Problem to work on » Transcribe, word for word and without additions, each line below from the one containing "fresh.push(is_fresh);" through the one containing "fn slave_of(chosen: &Vector) -> Option<u8>", both ends included.

◆ ◆ ◆ ◆ ◆

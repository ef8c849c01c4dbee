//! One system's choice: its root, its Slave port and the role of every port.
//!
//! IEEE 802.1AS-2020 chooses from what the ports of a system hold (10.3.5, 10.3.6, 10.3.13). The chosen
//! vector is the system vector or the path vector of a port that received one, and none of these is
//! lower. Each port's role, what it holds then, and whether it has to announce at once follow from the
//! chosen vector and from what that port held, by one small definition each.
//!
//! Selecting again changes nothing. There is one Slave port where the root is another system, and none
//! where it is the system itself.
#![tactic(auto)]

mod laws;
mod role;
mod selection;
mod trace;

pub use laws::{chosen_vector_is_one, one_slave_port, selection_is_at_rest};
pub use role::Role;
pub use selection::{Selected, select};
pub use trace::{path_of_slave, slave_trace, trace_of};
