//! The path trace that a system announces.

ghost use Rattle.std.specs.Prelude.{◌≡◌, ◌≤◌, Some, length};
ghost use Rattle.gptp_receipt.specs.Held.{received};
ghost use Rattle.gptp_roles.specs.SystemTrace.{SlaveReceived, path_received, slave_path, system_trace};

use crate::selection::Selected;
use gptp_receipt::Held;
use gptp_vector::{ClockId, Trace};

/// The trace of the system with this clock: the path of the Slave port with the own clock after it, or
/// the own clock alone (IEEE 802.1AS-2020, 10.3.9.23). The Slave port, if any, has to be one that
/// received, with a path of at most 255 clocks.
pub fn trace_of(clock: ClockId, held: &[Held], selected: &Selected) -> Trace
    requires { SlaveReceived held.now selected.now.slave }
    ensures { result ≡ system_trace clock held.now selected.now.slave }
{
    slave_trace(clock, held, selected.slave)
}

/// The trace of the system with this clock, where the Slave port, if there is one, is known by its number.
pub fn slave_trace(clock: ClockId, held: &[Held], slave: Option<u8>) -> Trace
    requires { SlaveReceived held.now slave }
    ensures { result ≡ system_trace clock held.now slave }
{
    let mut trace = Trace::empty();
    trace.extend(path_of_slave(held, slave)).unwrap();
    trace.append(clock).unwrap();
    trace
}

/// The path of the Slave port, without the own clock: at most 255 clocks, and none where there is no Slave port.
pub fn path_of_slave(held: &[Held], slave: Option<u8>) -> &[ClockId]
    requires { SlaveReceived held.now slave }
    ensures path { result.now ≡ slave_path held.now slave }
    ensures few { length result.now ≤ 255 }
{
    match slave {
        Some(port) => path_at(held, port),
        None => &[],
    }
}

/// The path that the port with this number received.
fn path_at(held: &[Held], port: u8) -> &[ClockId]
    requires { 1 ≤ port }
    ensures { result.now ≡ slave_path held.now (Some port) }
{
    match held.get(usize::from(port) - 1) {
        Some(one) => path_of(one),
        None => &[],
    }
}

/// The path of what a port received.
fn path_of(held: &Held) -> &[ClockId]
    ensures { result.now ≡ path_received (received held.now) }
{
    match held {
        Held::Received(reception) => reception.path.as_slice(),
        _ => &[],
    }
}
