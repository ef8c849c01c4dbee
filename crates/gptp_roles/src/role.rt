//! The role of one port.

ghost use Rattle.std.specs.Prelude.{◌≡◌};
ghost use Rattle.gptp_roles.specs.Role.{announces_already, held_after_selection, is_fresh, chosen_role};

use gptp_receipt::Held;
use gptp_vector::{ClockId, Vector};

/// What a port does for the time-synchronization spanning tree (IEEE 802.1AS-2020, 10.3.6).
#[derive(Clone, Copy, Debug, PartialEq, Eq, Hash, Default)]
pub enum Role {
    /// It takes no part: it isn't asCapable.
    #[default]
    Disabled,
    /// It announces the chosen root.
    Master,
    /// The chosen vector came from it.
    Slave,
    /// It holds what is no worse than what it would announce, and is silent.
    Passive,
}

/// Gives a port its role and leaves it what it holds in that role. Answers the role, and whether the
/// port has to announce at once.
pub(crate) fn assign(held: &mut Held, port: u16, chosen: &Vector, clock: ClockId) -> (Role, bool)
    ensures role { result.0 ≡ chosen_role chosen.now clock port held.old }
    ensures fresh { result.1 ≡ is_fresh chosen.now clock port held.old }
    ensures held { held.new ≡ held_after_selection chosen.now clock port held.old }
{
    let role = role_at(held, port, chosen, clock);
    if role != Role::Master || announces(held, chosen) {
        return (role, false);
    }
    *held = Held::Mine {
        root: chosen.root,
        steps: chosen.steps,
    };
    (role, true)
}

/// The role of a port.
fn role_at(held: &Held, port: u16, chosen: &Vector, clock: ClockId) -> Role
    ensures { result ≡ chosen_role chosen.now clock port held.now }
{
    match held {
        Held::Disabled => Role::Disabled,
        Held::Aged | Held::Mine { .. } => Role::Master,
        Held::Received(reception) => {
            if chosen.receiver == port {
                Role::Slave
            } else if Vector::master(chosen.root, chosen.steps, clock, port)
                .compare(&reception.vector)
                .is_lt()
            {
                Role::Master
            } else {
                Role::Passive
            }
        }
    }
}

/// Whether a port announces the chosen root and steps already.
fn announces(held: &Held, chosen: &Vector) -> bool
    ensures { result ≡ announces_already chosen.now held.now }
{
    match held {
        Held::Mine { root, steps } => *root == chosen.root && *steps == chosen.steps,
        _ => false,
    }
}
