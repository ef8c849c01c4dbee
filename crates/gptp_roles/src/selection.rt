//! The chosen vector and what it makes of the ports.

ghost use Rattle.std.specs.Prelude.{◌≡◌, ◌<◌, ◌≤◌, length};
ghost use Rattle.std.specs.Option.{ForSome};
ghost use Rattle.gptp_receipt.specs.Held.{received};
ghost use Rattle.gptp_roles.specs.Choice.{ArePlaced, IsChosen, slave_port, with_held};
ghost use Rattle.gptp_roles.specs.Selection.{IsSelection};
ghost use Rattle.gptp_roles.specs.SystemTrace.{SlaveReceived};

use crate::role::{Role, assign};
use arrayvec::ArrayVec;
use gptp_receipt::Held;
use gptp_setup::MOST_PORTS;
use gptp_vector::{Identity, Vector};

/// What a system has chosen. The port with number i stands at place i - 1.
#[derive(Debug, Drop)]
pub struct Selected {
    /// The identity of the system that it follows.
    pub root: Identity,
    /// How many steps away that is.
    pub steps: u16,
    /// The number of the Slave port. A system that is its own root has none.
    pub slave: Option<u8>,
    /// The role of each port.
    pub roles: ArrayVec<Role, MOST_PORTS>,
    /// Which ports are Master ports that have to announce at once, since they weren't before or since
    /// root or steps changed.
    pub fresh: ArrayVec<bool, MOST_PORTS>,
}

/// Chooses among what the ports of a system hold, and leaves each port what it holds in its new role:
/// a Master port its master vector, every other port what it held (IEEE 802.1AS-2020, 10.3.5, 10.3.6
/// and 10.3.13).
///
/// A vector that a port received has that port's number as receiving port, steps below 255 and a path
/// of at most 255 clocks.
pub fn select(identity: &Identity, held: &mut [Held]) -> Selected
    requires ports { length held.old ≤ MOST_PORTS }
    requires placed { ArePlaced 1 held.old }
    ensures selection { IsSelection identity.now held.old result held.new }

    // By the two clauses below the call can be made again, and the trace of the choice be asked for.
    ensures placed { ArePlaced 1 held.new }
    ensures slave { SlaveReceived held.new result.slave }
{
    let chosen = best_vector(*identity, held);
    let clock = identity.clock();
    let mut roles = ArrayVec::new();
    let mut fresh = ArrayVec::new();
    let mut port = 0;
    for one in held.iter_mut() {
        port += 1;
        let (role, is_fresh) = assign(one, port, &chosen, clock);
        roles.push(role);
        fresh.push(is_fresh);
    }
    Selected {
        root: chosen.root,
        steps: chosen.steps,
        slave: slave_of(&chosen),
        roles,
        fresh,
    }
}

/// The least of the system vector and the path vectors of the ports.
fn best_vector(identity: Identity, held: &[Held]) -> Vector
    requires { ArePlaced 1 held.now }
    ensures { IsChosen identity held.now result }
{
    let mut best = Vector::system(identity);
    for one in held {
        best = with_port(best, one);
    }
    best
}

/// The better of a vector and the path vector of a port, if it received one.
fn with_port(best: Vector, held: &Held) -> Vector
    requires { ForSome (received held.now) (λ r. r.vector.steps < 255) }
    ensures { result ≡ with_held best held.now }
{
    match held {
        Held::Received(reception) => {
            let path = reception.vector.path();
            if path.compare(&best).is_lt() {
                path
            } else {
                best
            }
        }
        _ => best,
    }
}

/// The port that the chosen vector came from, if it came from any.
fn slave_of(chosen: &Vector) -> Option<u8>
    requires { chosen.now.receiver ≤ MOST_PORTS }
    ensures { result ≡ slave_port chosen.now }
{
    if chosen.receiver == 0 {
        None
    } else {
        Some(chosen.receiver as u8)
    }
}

◆ ◆ ◆ ◆ ◆

Written answer »
        fresh.push(is_fresh);
    }
    Selected {
        root: chosen.root,
        steps: chosen.steps,
        slave: slave_of(&chosen),
        roles,
        fresh,
    }
}

/// The least of the system vector and the path vectors of the ports.
fn best_vector(identity: Identity, held: &[Held]) -> Vector
    requires { ArePlaced 1 held.now }
    ensures { IsChosen identity held.now result }
{
    let mut best = Vector::system(identity);
    for one in held {
        best = with_port(best, one);
    }
    best
}

/// The better of a vector and the path vector of a port, if it received one.
fn with_port(best: Vector, held: &Held) -> Vector
    requires { ForSome (received held.now) (λ r. r.vector.steps < 255) }
    ensures { result ≡ with_held best held.now }
{
    match held {
        Held::Received(reception) => {
            let path = reception.vector.path();
            if path.compare(&best).is_lt() {
                path
            } else {
                best
            }
        }
        _ => best,
    }
}

/// The port that the chosen vector came from, if it came from any.
fn slave_of(chosen: &Vector) -> Option<u8>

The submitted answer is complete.